CVE-2023-49089: 
C# vulnerability analysis and mitigation

Umbraco, an ASP.NET content management system (CMS), disclosed a path traversal vulnerability (CVE-2023-49089) affecting versions from 8.0.0 up to versions 8.18.10, 10.8.1, and 12.3.0. The vulnerability allows backoffice users with package creation permissions to perform path traversal attacks, potentially writing files outside of the expected location. The issue was patched in versions 8.18.10, 10.8.1, and 12.3.0 (GitHub Advisory).

The vulnerability exists in the Package section of the Umbraco Backoffice, where authenticated users with appropriate permissions can exploit path traversal to write folders outside of the default package directory. The issue has been assigned a CVSS v3.1 base score of 6.5 (MEDIUM) by NVD with vector string CVSS:3.1/AV:N/AC:L/PR:L/UI:N/S:U/C:N/I:H/A:N, while GitHub assessed it with a score of 7.7 (HIGH) and vector string CVSS:3.1/AV:N/AC:L/PR:L/UI:N/S:C/C:N/I:H/A:N (NVD).

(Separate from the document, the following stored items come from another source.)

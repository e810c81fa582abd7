// Painting: sixteen pixels, each looked up by its key in the palette of its block.
ghost use Rattle.std.specs.Prelude.{◌≡◌, [], ◌<◌, get_or};
ghost use Rattle.drawing.specs.Keys.{key_at};
ghost use Rattle.bc7_fields.specs.Painting.{painted};
ghost use Rattle.bc7_drawing.specs.Asked.{Keyed};

use drawing::keys::Keys;
use std::array;

// By indexes of W bits above subsets of S, so out of N colours, 2 ^ (W + S). With literal numbers for the three the compiler folds each key's
// place in its word.
pub fn paint<const W: u32, const S: u32, const N: usize>(
    p: [[u8; 4]; N],
    keys: Keys,
) -> [[u8; 4]; 16]
    requires { Keyed W S N }
    ensures { result ≡ painted (key_at W S keys) p.entry }
{
    array::from_fn(
        |q| -> [u8; 4]
            requires colours { Keyed W S N }
            requires pixel { q < 16 }
            ensures { result ≡ get_or p (key_at W S keys q) [] }
        { p[keys.key(W, S, q)] },
    )
}
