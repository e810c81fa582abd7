// Drawing in BC7: endpoints as colours of eight bits, palettes of the colours between them, and pixels looked up in a palette by their keys.

#![tactic(auto)]

pub mod colour;
pub mod painting;
pub mod palette;
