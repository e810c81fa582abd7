// Colours of the decoder, in words. A word has four lanes of sixteen bits: red and blue of two colours in one, green and alpha
// of the same two in another. So a sum of products works on four channels at once, and two words come together as two
// colours of four bytes.
ghost use Rattle.std.specs.Prelude.{◌≡◌, eqb, drop, take, ◌+◌, ◌*◌, ◌/◌, ◌%◌, ◌^◌, ◌≤◌, ◌<◌};
ghost use mathlib.Core.List.{[], ◌∷◌, map, zip_with};
ghost use Rattle.laws.specs.Tables.{pick};
ghost use Rattle.bcn_format.specs.Block.{field};
ghost use Rattle.bcn_format.specs.Drawing.{promoted};
ghost use Rattle.bc7_fields.specs.Painting.{end_of, end_of_p, solid};
ghost use Rattle.bc7_drawing.specs.Asked.{AllOnes, FourLanes, Mixable, Mixable2, OneEnd, OneEndP, OneStored, OneStoredP};
ghost use Rattle.bc7_drawing.specs.Asked.{Promotable, PromotableP, TwoStored, TwoStoredP, WidthP};
ghost use Rattle.bc7_drawing.specs.Words.{laned, lanes_of, word_bytes, woven, blend, blends, ends_p, Holds, HoldsOne};
ghost use Rattle.bc7_drawing.specs.Words.{plain, with_alpha, with_p};

// What a block stores of a colour: each value has a channel of both endpoints, the first one's in the low bits, and p both p bits.
#[derive(Clone, Copy)]
pub struct Stored {
    pub r: u64,
    pub g: u64,
    pub b: u64,
    pub a: u64,
    pub p: u64,
}

// Both endpoints of two colours: red and blue of the first endpoint, green and alpha, and the same of the second.
#[derive(Clone, Copy)]
pub struct Ends {
    pub rb0: u64,
    pub ga0: u64,
    pub rb1: u64,
    pub ga1: u64,
}

const ONES: u64 = 0x0001_0001_0001_0001;

// A half of 256 in each lane, for rounding.
const HALVES: u64 = 0x0080_0080_0080_0080;

// Four values in the lanes of a word, the first lowest.
fn lanes(a: u64, b: u64, c: u64, d: u64) -> u64
    requires { FourLanes a b c d }
    ensures { result ≡ laned (a ∷ b ∷ c ∷ d ∷ []) }
{
    a + (b << 16) + (c << 32) + (d << 48)
}

// The bits of each lane from bit `at` on. The shift brings them to the bottom of their lane, with low bits of the lane above on
// top, and those the mask takes away.
//
//     x                | ..mmm### | ..nnn### |
//     x >> at          | .....mmm | ###..nnn |
//     ONES * 0b111     | .....111 | .....111 |
fn parts(x: u64, at: u32, bits: u32) -> u64
    requires { at + bits ≤ 16 }
    ensures { result ≡ laned (map (λ v. field v at bits) (lanes_of x)) }
{
    (x >> at) & (ONES * ((1u64 << bits) - 1))
}

// Each lane from `bits` bits to eight: shifted left, and the empty places filled from the top. With five bits abcde:
//
//     x << 3                   | abcde... |
//     its three upper bits     | .....abc |
//
// Four lanes at once: one shift moves them all, and as a lane has sixteen bits and at most eight of them are used, none reaches the
// next. The three upper bits are those from bit 2 on, so from `bits` - (8 - `bits`) on, which `parts` takes of each lane.
//
// Below four bits there would be too few to fill the places with, in the Rust and here. The Rust asks for 4 to 7 bits, since at eight it
// would shift a byte by eight, and its modes leave values of eight bits as they are. Here eight is taken too: nothing is shifted,
// `parts` takes no bits, and the value stays. So a mode whose values have eight bits, with or without a p bit, needs no other call.
fn promote(x: u64, bits: u32) -> u64
    requires { Promotable bits x }
    ensures { result ≡ laned (map (promoted bits) (lanes_of x)) }
{
    (x << (8 - bits)) + parts(x, 2 * bits - 8, 8 - bits)
}

// The same with a p bit below each value.
fn promote_p(x: u64, p: u64, bits: u32) -> u64
    requires { PromotableP bits x p }
    ensures { result ≡ laned (zip_with (λ v q. promoted (bits + 1) (v * 2 + q)) (lanes_of x) (lanes_of p)) }
{
    promote(x * 2 + p, bits + 1)
}

// Endpoint k, 0 or 1, of lanes that have both.
fn end_of(x: u64, k: u32, bits: u32) -> u64
    requires { OneEnd bits k }
    ensures { result ≡ laned (map (end_of bits k) (lanes_of x)) }
{
    promote(parts(x, bits * k, bits), bits)
}

// The same with p bits: a lane of p has both too.
fn end_of_p(x: u64, p: u64, k: u32, bits: u32) -> u64
    requires { OneEndP bits k }
    ensures { result ≡ laned (zip_with (end_of_p bits k) (lanes_of x) (lanes_of p)) }
{
    promote_p(parts(x, bits * k, bits), parts(p, k, 1), bits)
}

// Both endpoints in both words, with the p bits of their lanes.
fn ends_p(rb: u64, ga: u64, p: u64, q: u64, bits: u32) -> Ends
    requires { WidthP bits }
    ensures { result ≡ ends_p bits (lanes_of rb) (lanes_of ga) (lanes_of p) (lanes_of q) }
{
    Ends {
        rb0: end_of_p(rb, p, 0, bits),
        ga0: end_of_p(ga, q, 0, bits),
        rb1: end_of_p(rb, p, 1, bits),
        ga1: end_of_p(ga, q, 1, bits),
    }
}

// Two colours with alpha and p bits.
pub fn translucent_p(x: Stored, y: Stored, bits: u32) -> Ends
    requires { TwoStoredP bits x y }
    ensures { Holds (λ l. with_p bits (pick (eqb l 0) x y)) result }
{
    let rb = lanes(x.r, x.b, y.r, y.b);
    let ga = lanes(x.g, x.a, y.g, y.a);
    let p = lanes(x.p, x.p, y.p, y.p);
    ends_p(rb, ga, p, p, bits)
}

// Two values of `bits` bits that are all ones: as alpha of both endpoints they are promoted to 255, for the places that come empty
// are filled with ones too.
fn all_ones(bits: u32) -> u64
    requires { bits ≤ 8 }
    ensures { AllOnes bits result }
{
    (1u64 << (bits + bits)) - 1
}

// Two colours with p bits and without alpha. The p bits of alpha are ones as its other bits are: 3, a one for each endpoint.
pub fn opaque_p(x: Stored, y: Stored, bits: u32) -> Ends
    requires { TwoStoredP bits x y }
    ensures { Holds (λ l. solid (with_p bits (pick (eqb l 0) x y))) result }
{
    let rb = lanes(x.r, x.b, y.r, y.b);
    let ga = lanes(x.g, all_ones(bits), y.g, all_ones(bits));
    let p = lanes(x.p, x.p, y.p, y.p);
    let q = lanes(x.p, 3, y.p, 3);
    ends_p(rb, ga, p, q, bits)
}

// The same without p bits.
pub fn opaque(x: Stored, y: Stored, bits: u32) -> Ends
    requires { TwoStored bits x y }
    ensures { Holds (λ l. solid (plain bits (pick (eqb l 0) x y))) result }
{
    let rb = lanes(x.r, x.b, y.r, y.b);
    let ga = lanes(x.g, all_ones(bits), y.g, all_ones(bits));
    Ends {
        rb0: end_of(rb, 0, bits),
        ga0: end_of(ga, 0, bits),
        rb1: end_of(rb, 1, bits),
        ga1: end_of(ga, 1, bits),
    }
}

// One colour with alpha and p bits. The words have room for another, which no lane is set of.
pub fn alone_p(x: Stored, bits: u32) -> Ends
    requires { OneStoredP bits x }
    ensures { HoldsOne (with_p bits x) result }
{
    let none = Stored {
        r: 0,
        g: 0,
        b: 0,
        a: 0,
        p: 0,
    };
    translucent_p(x, none, bits)
}

// One colour whose alpha has a width of its own: green and alpha are promoted apart, and meet in one word.
pub fn alone(x: Stored, bits: u32, alpha_bits: u32) -> Ends
    requires { OneStored bits alpha_bits x }
    ensures { HoldsOne (with_alpha bits alpha_bits x) result }
{
    let rb = lanes(x.r, x.b, 0, 0);
    let g = lanes(x.g, 0, 0, 0);
    let a = lanes(0, x.a, 0, 0);
    Ends {
        rb0: end_of(rb, 0, bits),
        ga0: end_of(g, 0, bits) + end_of(a, 0, alpha_bits),
        rb1: end_of(rb, 1, bits),
        ga1: end_of(g, 1, bits) + end_of(a, 1, alpha_bits),
    }
}

// Four channels of both endpoints in the proportion of a weight: 256 times their values, rounded by a half in each lane.
//
//     (256 - weight) * e0 + weight * e1 + 128  =  (256 * e0 + 128 - weight * e0) + weight * e1
//
// A lane is at most 256 * 255 + 128, so no lane reaches the next; and as weight * e0 is at most 256 * e0 in each lane, no lane borrows
// either. No difference of the endpoints is taken, and the first two terms don't depend on the weight.
pub fn mixed(weight: u64, e0: u64, e1: u64) -> u64
    requires { Mixable weight e0 e1 }
    ensures { result ≡ laned (zip_with (blend weight) (lanes_of e0) (lanes_of e1)) }
{
    (256 * e0 + HALVES - weight * e0) + weight * e1
}

// The same for the two lanes of one colour and two weights, the second 32 bits above the first: a product of two parts by two is
// four products, each in a lane of its own.
//
//     weights * e0 = (v * 2^32 + w) * (b * 2^16 + a)  =  v * b | v * a | w * b | w * a
//
// 256 * e0 has to stand in both halves too: it is e0 times the weights 256 and 256.
pub fn mixed_2(weights: u64, e0: u64, e1: u64) -> u64
    requires { Mixable2 weights e0 e1 }
    ensures { result ≡ laned (blends (weights % 2 ^ 32) (weights / 2 ^ 32) (lanes_of e0) (lanes_of e1)) }
{
    (0x0100_0000_0100 * e0 + HALVES - weights * e0) + weights * e1
}

// Two colours of four bytes, from the upper bytes of the lanes. What is below them was left over by the proportion, and the two
// sets of bytes that stay don't meet.
//
//     rb                       | B1 .. | R1 .. | B0 .. | R0 .. |
//     ga                       | A1 .. | G1 .. | A0 .. | G0 .. |
//     bytes of rb moved down   |    B1 |    R1 |    B0 |    R0 |
//     both                     | A1 B1 | G1 R1 | A0 B0 | G0 R0 |     from the lowest byte on: red, green, blue, alpha
pub fn two_colours(rb: u64, ga: u64) -> u64
    ensures { word_bytes result ≡ woven (lanes_of rb) (lanes_of ga) }
{
    parts(rb, 8, 8) + (parts(ga, 8, 8) << 8)
}

// The first of the two colours, and the second.
pub fn low_colour(x: u64) -> [u8; 4]
    ensures { result ≡ take 4 (word_bytes x) }
{
    let [r, g, b, a, ..] = x.to_le_bytes();
    [r, g, b, a]
}

pub fn high_colour(x: u64) -> [u8; 4]
    ensures { result ≡ drop 4 (word_bytes x) }
{
    let [.., r, g, b, a] = x.to_le_bytes();
    [r, g, b, a]
}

The vulnerability allows authenticated users with package creation permissions to write files outside of the intended package directory, potentially compromising the system's integrity by placing files in unauthorized locations (GitHub Advisory).

The vulnerability has been patched in Umbraco versions 8.18.10, 10.8.1, and 12.3.0. Users are advised to upgrade to these or later versions to address the security issue (GitHub Advisory).